The
passage from Borneo to Pengelih on the southern tip of Peninsular
Malaysia was a journey of two halves; the first half motoring in no
wind, the second half a spankingly good sail with wind on our port
beam. We crossed the traffic separation channel which is a marine
motorway for super tankers and cargo ships doing 15 knots. They
can't stop. We have to carefully time it to cross at right angles
astern of the east bound ships and then astern of the west bound
ships.
We
were feeling good when the gremlins struck one more time. Within two
miles of the anchorage, luckily in a quiet channel, the engine
overheat alarm began screaming at us.

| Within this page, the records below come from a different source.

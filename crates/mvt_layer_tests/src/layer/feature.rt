//! Values and features read, refused and written.
ghost use Rattle.mvt_geometry.specs.Valid.{IsValid};

use super::support::{KEYS, feature_with, made_with, point, repeated_keys};
use crate::expect::{expect, expect_eq};
use mvt_attrs::{
    Attribute, LayerEntries, LayerKeys, PoolError, TextRef, Value, ValueRef, lend_texts,
};
use mvt_base::{Items, Text};
use mvt_feature::*;
use mvt_geometry::Geometry;
use std::alloc::{AllocError, Global};
use std::process::Abort;

// The value of a payload whose field's tag stands at 14.
fn value_of(alloc: Global, payload: &[u8]) -> Result<Value, MessageError> {
    read_value(alloc, payload, 16, 14)
}

fn key(rt: &(impl Abort + AllocGlobal)) -> Text {
    Text::from_str(rt.alloc(), "k").expect(rt, "a key")
}

// What a feature's payload, which begins at 9, is refused for, with the key `k` and the value 5.
pub(crate) fn refused_for(rt: &(impl Abort + AllocGlobal), payload: &[u8]) -> Option<(u64, u32)> {
    let keys = [key(rt)];
    let error = read_feature(rt.alloc(), payload, 9, &keys, &[Value::Uint(5)]).err();
    drop(keys);
    error.map(place_of)
}

fn judged_over(alloc: Global, keys: &[&str], payload: &[u8]) -> Result<(), MessageError> {
    let mut keys = LayerKeys::new(alloc, keys);
    let mut scratch = Scratch::new(alloc);
    let judged = judge_feature(alloc, payload, 9, &mut keys, 1, &mut scratch);
    drop(scratch);
    drop(keys);
    judged
}

// The same where it is only judged.
fn judged_for(rt: &(impl Abort + AllocGlobal), payload: &[u8]) -> Option<(u64, u32)> {
    let judged = judged_over(rt.alloc(), &["k"], payload);
    judged.err().map(place_of)
}

// No cause has the number 0.
pub(crate) fn place_of(error: MessageError) -> (u64, u32) {
    match error {
        MessageError::Memory => (0, 0),
        MessageError::Fault { at, cause, .. } => (at, cause.number()),
    }
}

// Both calls say whether the feature can be written.
fn expect_valid(rt: &(impl Abort + AllocGlobal), feature: Feature, answer: bool) {
    expect_eq!(rt; is_valid_feature(&feature), answer);
    expect_eq!(rt; validate_feature(rt.alloc(), &feature), Ok(answer));
    drop(feature);
}

// A payload is this value, which is let go.
fn expect_value(rt: &(impl Abort + AllocGlobal), payload: &[u8], expected: Value) {
    let found = value_of(rt.alloc(), payload);
    expect!(rt; found.as_ref() == Ok(&expected));
    drop(found);
    drop(expected);
}

#[test]
fn reads_values(rt: HostRuntime) {
    expect_value(&rt, &[0x28, 0x05], Value::Uint(5));
    expect_value(&rt, &[0x28, 0x05, 0x28, 0x06], Value::Uint(6));
    expect_value(&rt, &[0x30, 0x0A], Value::Sint(5));
    expect_value(&rt, &[0x38, 0x07], Value::Bool(true));
    let minus_one = [
        0x20, 0xFF, 0xFF, 0xFF, 0xFF, 0xFF, 0xFF, 0xFF, 0xFF, 0xFF, 0x01,
    ];
    expect_value(&rt, &minus_one, Value::Int(-1));
    let float = [0x15, 0x00, 0x00, 0x00, 0x80];
    expect_value(&rt, &float, Value::Float(2147483648));
    expect_eq!(rt; judge_value(&float, 16, 14), Ok(()));
    let double = [0x19, 0x00, 0x00, 0x00, 0x00, 0x00, 0x00, 0x00, 0x80];
    expect_value(&rt, &double, Value::Double(9223372036854775808));
}

// A payload whose field's tag stands at 7, and its content at 9.
fn expect_no_kind(rt: &(impl Abort + AllocGlobal), payload: &[u8]) {
    let of_no_kind = MessageError::Fault {
        feature: None,
        at: 7,
        cause: Cause::ValueKind,
    };
    let found = read_value(rt.alloc(), payload, 9, 7).err();
    expect_eq!(rt; found, Some(of_no_kind));
    expect_eq!(rt; judge_value(payload, 9, 7), Err(of_no_kind));
}

#[test]
fn refuses_values(rt: HostRuntime) {
    let of_no_kind = MessageError::Fault {
        feature: None,
        at: 14,
        cause: Cause::ValueKind,
    };
    expect_eq!(rt; value_of(rt.alloc(), &[]).err(), Some(of_no_kind));
    expect_eq!(rt; judge_value(&[], 16, 14), Err(of_no_kind));
    expect_no_kind(&rt, &[0x20, 0x05, 0x28, 0x05]);
}

const ONE_POINT: [u8; 7] = [0x18, 0x01, 0x22, 0x03, 0x09, 0x32, 0x22];

// A feature is the point (25,17).
fn expect_point(rt: &(impl Abort + AllocGlobal), found: Result<Feature, MessageError>) {
    let expected = made_with(rt, &[]);
    expect!(rt; found.as_ref() == Ok(&expected));
    drop(expected);
    drop(found);
}

#[test]
fn reads_features(rt: HostRuntime) {
    let alloc = rt.alloc();
    let mut keys = LayerKeys::new(alloc, &[]);
    let mut scratch = Scratch::new(alloc);
    for _turn in 0..2 {
        let found = read_feature_in(alloc, &ONE_POINT, 9, &mut keys, &[], &mut scratch);
        expect_point(&rt, found);
    }
    drop(scratch);
    drop(keys);
    expect_point(&rt, read_feature(alloc, &ONE_POINT, 9, &[], &[]));
}

// A feature has no fields.
fn expect_bare(rt: &(impl Abort + AllocGlobal), feature: &Feature) {
    let empty = Geometry::Unknown(Items::new(Vec::new(rt.alloc())));
    expect!(rt; feature.id.is_none());
    expect!(rt; feature.attributes.as_slice().is_empty());
    expect!(rt; feature.geometry == empty);
    drop(empty);
}

#[test]
fn reads_bare_features(rt: HostRuntime) {
    let bare = read_feature(rt.alloc(), &[], 9, &[], &[]).expect(&rt, "a feature");
    expect_bare(&rt, &bare);
    drop(bare);
}

#[test]
fn refuses_features(rt: HostRuntime) {
    let far = [
        0x18, 0x01, 0x22, 0x09, 0x11, 0xFE, 0xFF, 0xFF, 0xFF, 0x0F, 0x00, 0x02, 0x00,
    ];
    let inner = [
        0x18, 0x03, 0x22, 0x09, 0x09, 0x28, 0x44, 0x12, 0x17, 0x2B, 0x09, 0x0B, 0x0F,
    ];
    let parameter = [
        0x18, 0x01, 0x22, 0x07, 0x09, 0xFF, 0xFF, 0xFF, 0xFF, 0x0F, 0x00,
    ];
    let rows: [(&[u8], u64, u32); 15] = [
        (&[0x22, 0x01, 0x80], 9, 1),
        (&[0x18, 0x04], 9, 12),
        (&[0x12, 0x01, 0x00], 1, 13),
        (&[0x12, 0x02, 0x01, 0x00], 0, 14),
        (&[0x12, 0x02, 0x00, 0x01], 1, 15),
        (&[0x12, 0x04, 0x00, 0x00, 0x00, 0x00], 2, 16),
        (&[0x18, 0x02, 0x22, 0x03, 0x0A, 0x02, 0x02], 0, 17),
        (&[0x18, 0x01, 0x22, 0x01, 0x01], 0, 18),
        (&[0x18, 0x01, 0x22, 0x01, 0x09], 0, 19),
        (
            &[0x18, 0x02, 0x22, 0x06, 0x09, 0x04, 0x04, 0x0A, 0x00, 0x00],
            4,
            20,
        ),
        (&far, 3, 21),
        (&inner, 8, 22),
        (&[0x18, 0x02, 0x22, 0x03, 0x09, 0x04, 0x04], 3, 23),
        (&parameter, 1, 26),
        (&[0x1B], 9, 4),
    ];
    for (payload, at, number) in rows {
        expect_eq!(rt; refused_for(&rt, payload), Some((at, number)));
        expect_eq!(rt; judged_for(&rt, payload), Some((at, number)));
    }
}

#[test]
fn writes_values(rt: HostRuntime) {
    let mut out = Vec::new(rt.alloc());
    expect_eq!(rt; append_value(&mut out, &ValueRef::Bool(true)), Ok(()));
    expect_eq!(rt; append_value(&mut out, &ValueRef::Uint(5)), Ok(()));
    expect_eq!(rt; out.as_slice(), [0x38, 0x01, 0x28, 0x05].as_slice());
    drop(out);
    expect_eq!(rt; value_len(&ValueRef::Text(TextRef::of("a"))), 3);
}

// What is appended of a feature, in a layer that has nothing yet.
fn appended(alloc: Global, out: &mut Vec<u8>, feature: &Feature) -> Result<(), PoolError>
    requires { IsValid feature.now.geometry }
{
    let mut uses = LayerEntries::new(alloc);
    let mut scratch = Scratch::new(alloc);
    let done = append_feature(feature, &mut uses, &mut scratch, out);
    drop(scratch);
    drop(uses);
    done
}

fn expect_written(rt: &(impl Abort + AllocGlobal), feature: &Feature, expected: &[u8]) {
    expect!(rt; is_valid_feature(feature));
    let mut out = Vec::new(rt.alloc());
    expect_eq!(rt; appended(rt.alloc(), &mut out, feature), Ok(()));
    expect_eq!(rt; out.as_slice(), expected);
    drop(out);
}

fn expect_copy(rt: &(impl Abort + AllocGlobal), feature: &Feature) {
    let copy = feature.copy(rt.alloc()).expect(rt, "a copy");
    expect!(rt; copy == *feature);
    drop(copy);
}

#[test]
fn writes_features(rt: HostRuntime) {
    let feature = made_with(&rt, &["k"]);
    expect_copy(&rt, &feature);
    let expected = [
        0x12, 0x02, 0x00, 0x00, 0x18, 0x01, 0x22, 0x03, 0x09, 0x32, 0x22,
    ];
    expect_written(&rt, &feature, &expected);
    drop(feature);
}

// Around the number of attributes up to which keys are compared one by one, and many.
const COUNTS: [u32; 12] = [0, 1, 2, 8, 9, 15, 16, 17, 33, 49, 100, 1000];

// A feature with so many attributes, whose values are alike.
fn numbered(rt: &(impl Abort + AllocGlobal), count: u32) -> Feature {
    let mut attributes = Vec::new(rt.alloc());
    for number in 0..count {
        let text = format!(in rt.alloc(); "{number}").expect(rt, "a text");
        let key = Text::from_string(text).expect(rt, "a key");
        let value = Value::Uint(5);
        attributes
            .push(Attribute { key, value })
            .expect(rt, "an attribute");
    }
    let mut feature = made_with(rt, &[]);
    feature.attributes = Items::new(attributes);
    feature
}

fn keys_of(rt: &(impl Abort + AllocGlobal), feature: &Feature) -> Vec<Text> {
    let mut keys = Vec::new(rt.alloc());
    for attribute in feature.attributes.as_slice() {
        let key = attribute.key.copy(rt.alloc()).expect(rt, "a key");
        keys.push(key).expect(rt, "keys");
    }
    keys
}

// A payload over these keys and the value 5 is this feature.
fn expect_read(rt: &(impl Abort + AllocGlobal), payload: &[u8], keys: &[Text], feature: &Feature) {
    let found = read_feature(rt.alloc(), payload, 9, keys, &[Value::Uint(5)]);
    expect!(rt; found.as_ref() == Ok(feature));
    drop(found);
    let lent = lend_texts(rt.alloc(), keys).expect(rt, "memory");
    expect_eq!(rt; judged_over(rt.alloc(), &lent, payload), Ok(()));
    drop(lent);
}

// What is written of a feature is read as it.
fn expect_read_back(rt: &(impl Abort + AllocGlobal), feature: &Feature) {
    expect!(rt; is_valid_feature(feature));
    let mut bytes = Vec::new(rt.alloc());
    expect_eq!(rt; appended(rt.alloc(), &mut bytes, feature), Ok(()));
    let keys = keys_of(rt, feature);
    expect_read(rt, &bytes, &keys, feature);
    drop(keys);
    drop(bytes);
}

#[test]
fn reads_any_number_of_attributes(rt: HostRuntime) {
    for count in COUNTS {
        let feature = numbered(&rt, count);
        expect_read_back(&rt, &feature);
        drop(feature);
    }
}

#[test]
fn validates(rt: HostRuntime) {
    expect_valid(&rt, made_with(&rt, &[]), true);
    expect_valid(&rt, made_with(&rt, &["k"]), true);
    expect_valid(&rt, made_with(&rt, &["k", "k"]), false);
    expect_valid(&rt, made_with(&rt, &KEYS), true);
    expect_valid(&rt, made_with(&rt, &repeated_keys()), false);
}

// No integers draw this point.
#[test]
fn validates_far_points(rt: HostRuntime) {
    let mut far = made_with(&rt, &KEYS);
    far.geometry = point(rt.alloc(), -2_147_483_648, 0).expect(&rt, "a point");
    expect_valid(&rt, far, false);
}

// The tests of refused growths pass too where one allocation, whichever, is refused: each call has
// two turns, of which one at most may want memory.

fn is_text_refused(rt: &(impl Abort + AllocGlobal)) -> bool {
    match value_of(rt.alloc(), b"\x0A\x12a text of 18 bytes") {
        Ok(value) => {
            let Value::Text(text) = &value else {
                expect!(rt; false);
                return false;
            };
            expect_eq!(rt; text.as_str(), "a text of 18 bytes");
            drop(value);
            false
        }
        Err(error) => {
            expect_eq!(rt; error, MessageError::Memory);
            true
        }
    }
}

// A point with the id 7.
const POINT_OF_ID: [u8; 9] = [0x08, 0x07, 0x18, 0x01, 0x22, 0x03, 0x09, 0x32, 0x22];

fn is_judge_refused(rt: &(impl Abort + AllocGlobal)) -> bool {
    let judged = judged_over(rt.alloc(), &["k"], &POINT_OF_ID);
    expect!(rt; judged == Ok(()) || judged == Err(MessageError::Memory));
    judged.is_err()
}

fn is_read_refused(rt: &(impl Abort + AllocGlobal)) -> bool {
    match read_feature(rt.alloc(), &POINT_OF_ID, 0, &[], &[]) {
        Ok(feature) => {
            expect_eq!(rt; feature.id, Some(7));
            drop(feature);
            false
        }
        Err(error) => {
            expect_eq!(rt; error, MessageError::Memory);
            true
        }
    }
}

#[test]
fn refused_reads(rt: HostRuntime) {
    let mut refused = 0u8;
    for _turn in 0..2 {
        refused = refused.saturating_add(u8::from(is_text_refused(&rt)));
        refused = refused.saturating_add(u8::from(is_judge_refused(&rt)));
        refused = refused.saturating_add(u8::from(is_read_refused(&rt)));
    }
    expect!(rt; refused < 2);
}

fn is_copy_refused(rt: &(impl Abort + AllocGlobal), feature: &Feature) -> bool {
    match feature.copy(rt.alloc()) {
        Ok(copy) => {
            expect!(rt; copy == *feature);
            drop(copy);
            false
        }
        Err(AllocError) => true,
    }
}

fn is_write_refused(rt: &(impl Abort + AllocGlobal), feature: &Feature) -> bool {
    expect!(rt; is_valid_feature(feature));
    let mut out = Vec::new(rt.alloc());
    let error = appended(rt.alloc(), &mut out, feature).err();
    let is_refused = error.is_some();
    if is_refused {
        expect_eq!(rt; error, Some(PoolError::Memory));
    } else {
        expect_eq!(rt; out.len(), 11);
    }
    drop(out);
    is_refused
}

// How often a feature was refused memory, which is made, copied and written.
fn write_refusals(rt: &(impl Abort + AllocGlobal)) -> u8 {
    let Ok(feature) = feature_with(rt.alloc(), &["a text of 18 bytes"]) else {
        return 1;
    };
    let copied = u8::from(is_copy_refused(rt, &feature));
    let written = u8::from(is_write_refused(rt, &feature));
    drop(feature);
    copied.saturating_add(written)
}

#[test]
fn refused_writes(rt: HostRuntime) {
    let first = write_refusals(&rt);
    let second = write_refusals(&rt);
    expect!(rt; first.saturating_add(second) < 2);
}

fn is_validation_refused(rt: &(impl Abort + AllocGlobal), keys: &[&str], answer: bool) -> bool {
    let Ok(feature) = feature_with(rt.alloc(), keys) else {
        return true;
    };
    let found = validate_feature(rt.alloc(), &feature);
    drop(feature);
    expect!(rt; found == Ok(answer) || found == Err(AllocError));
    found.is_err()
}

#[test]
fn refused_validations(rt: HostRuntime) {
    let repeated = repeated_keys();
    let rows: [(&[&str], bool); 3] = [(&["k", "k"], false), (&KEYS, true), (&repeated, false)];
    let mut refused = 0u8;
    for (keys, answer) in rows {
        for _turn in 0..2 {
            let is_refused = is_validation_refused(&rt, keys, answer);
            refused = refused.saturating_add(u8::from(is_refused));
        }
    }
    expect!(rt; refused < 2);
}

The raw water impeller had
shredded and with no cooling water to circulate we overheated (I know
that feeling). Used to these things we calmly turned off the engine,
pulled out the headsail and turned to sail to the edge of the channel
where we could anchor and David change the impeller.
He
found foreign debris in the housing. I thought it looked like calcium
chips. How can you pick up calcium chips from seawater? Seawater
which taken up through a sieve? Which was when we found it was the
sieve itself. Somewhere, somehow a colony of oysters had grown on
the inside and outside of the plastic basket and bits of shell broken
off to pass down the line to shred the impeller. The weirdest thing
and why should it happen now – far better than when we were
crossing the shipping lanes. We think they might have started
growing when we were in Labuan marina for five weeks in May. Why
wait almost 700 miles to detach?
We
cleaned the sieve, fitted a new impeller and continued to the super
calm anchorage in Pengelih for a well deserved sleep after three
nights at sea.
Over
sundowners we chuckled about our latest character building
adventure......After all, it is a boat.